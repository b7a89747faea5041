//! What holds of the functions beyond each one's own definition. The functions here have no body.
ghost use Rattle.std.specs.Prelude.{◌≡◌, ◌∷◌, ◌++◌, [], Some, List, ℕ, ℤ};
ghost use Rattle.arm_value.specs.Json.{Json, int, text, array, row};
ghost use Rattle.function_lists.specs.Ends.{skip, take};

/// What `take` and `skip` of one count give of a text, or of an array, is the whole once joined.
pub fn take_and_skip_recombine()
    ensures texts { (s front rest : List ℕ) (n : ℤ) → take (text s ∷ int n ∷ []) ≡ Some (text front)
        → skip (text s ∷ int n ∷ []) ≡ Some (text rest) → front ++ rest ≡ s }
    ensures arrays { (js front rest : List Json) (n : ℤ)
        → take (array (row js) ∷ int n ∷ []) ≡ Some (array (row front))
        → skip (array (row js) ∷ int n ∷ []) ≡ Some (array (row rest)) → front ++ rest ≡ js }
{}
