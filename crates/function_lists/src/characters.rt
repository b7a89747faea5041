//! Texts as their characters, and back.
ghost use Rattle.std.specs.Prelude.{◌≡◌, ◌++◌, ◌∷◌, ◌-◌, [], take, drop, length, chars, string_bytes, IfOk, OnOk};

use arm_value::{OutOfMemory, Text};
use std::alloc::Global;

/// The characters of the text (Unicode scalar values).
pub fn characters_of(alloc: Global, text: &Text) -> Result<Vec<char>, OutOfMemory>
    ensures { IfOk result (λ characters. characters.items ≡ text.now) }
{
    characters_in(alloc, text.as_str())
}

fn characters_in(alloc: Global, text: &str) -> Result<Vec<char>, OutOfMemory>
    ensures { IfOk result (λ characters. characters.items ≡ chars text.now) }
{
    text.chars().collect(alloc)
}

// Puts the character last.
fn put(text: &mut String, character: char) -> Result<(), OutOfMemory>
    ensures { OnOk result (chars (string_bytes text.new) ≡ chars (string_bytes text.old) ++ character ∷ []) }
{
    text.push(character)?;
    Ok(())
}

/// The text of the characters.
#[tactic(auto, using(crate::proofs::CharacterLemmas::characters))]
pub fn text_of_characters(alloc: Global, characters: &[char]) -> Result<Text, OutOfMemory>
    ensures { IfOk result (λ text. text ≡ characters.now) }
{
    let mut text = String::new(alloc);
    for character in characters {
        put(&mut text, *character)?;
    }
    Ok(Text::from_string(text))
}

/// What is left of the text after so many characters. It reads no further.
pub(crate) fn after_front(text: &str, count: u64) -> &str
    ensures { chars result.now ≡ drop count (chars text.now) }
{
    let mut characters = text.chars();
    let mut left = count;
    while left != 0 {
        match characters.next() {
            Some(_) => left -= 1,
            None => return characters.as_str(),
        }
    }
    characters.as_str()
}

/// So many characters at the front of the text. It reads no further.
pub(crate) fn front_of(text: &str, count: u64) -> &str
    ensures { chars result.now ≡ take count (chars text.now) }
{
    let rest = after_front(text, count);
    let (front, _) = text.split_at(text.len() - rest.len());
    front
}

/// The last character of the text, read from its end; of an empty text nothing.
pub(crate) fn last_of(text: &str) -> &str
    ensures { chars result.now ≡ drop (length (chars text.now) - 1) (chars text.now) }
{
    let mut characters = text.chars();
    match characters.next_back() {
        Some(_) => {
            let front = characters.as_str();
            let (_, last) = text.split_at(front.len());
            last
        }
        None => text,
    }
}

---

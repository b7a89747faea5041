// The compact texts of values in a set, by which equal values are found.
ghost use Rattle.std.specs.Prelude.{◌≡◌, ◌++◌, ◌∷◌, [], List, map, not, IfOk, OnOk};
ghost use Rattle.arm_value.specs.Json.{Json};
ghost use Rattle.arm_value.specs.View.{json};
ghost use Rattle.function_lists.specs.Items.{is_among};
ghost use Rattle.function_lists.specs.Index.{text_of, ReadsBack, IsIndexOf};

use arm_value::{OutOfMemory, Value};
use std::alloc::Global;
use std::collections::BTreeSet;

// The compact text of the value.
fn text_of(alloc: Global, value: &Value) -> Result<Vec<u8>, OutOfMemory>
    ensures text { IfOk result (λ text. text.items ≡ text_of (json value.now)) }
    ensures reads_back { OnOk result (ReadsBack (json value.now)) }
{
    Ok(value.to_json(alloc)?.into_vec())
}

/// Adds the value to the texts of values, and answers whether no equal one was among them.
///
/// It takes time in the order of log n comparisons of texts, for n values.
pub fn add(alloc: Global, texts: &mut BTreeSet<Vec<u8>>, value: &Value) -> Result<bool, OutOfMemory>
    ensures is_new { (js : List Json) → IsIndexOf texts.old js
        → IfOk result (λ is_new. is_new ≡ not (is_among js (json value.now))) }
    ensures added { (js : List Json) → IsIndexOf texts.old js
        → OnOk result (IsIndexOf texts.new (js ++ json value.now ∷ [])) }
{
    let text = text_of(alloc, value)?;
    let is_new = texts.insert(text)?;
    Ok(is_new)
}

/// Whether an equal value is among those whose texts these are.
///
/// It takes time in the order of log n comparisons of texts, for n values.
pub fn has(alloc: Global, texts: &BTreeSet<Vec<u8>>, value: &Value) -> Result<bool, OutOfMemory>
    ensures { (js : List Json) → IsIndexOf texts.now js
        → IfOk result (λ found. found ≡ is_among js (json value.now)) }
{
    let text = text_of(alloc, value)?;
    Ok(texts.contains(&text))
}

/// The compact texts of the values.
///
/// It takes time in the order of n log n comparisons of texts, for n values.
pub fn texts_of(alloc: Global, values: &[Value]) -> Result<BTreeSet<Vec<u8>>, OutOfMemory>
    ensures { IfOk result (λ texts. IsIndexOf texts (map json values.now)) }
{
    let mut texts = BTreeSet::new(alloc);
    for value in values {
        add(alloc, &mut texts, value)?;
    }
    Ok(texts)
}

--

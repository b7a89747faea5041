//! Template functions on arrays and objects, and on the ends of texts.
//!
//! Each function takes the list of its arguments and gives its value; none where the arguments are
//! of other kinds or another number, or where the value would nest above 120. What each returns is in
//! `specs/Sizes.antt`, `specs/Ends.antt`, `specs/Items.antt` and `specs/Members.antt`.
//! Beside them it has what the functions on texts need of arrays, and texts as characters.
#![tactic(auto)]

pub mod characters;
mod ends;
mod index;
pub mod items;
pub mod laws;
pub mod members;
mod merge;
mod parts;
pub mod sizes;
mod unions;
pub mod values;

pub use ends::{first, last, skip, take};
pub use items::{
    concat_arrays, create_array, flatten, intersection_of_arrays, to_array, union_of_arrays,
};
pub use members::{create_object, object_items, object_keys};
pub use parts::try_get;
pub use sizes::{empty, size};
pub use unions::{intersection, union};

### WHAT THE TASK REQUIRES
Tell how many lines of the material above hold "OnOk", answering with a bare number.

### EXERCISE RESPONSE
5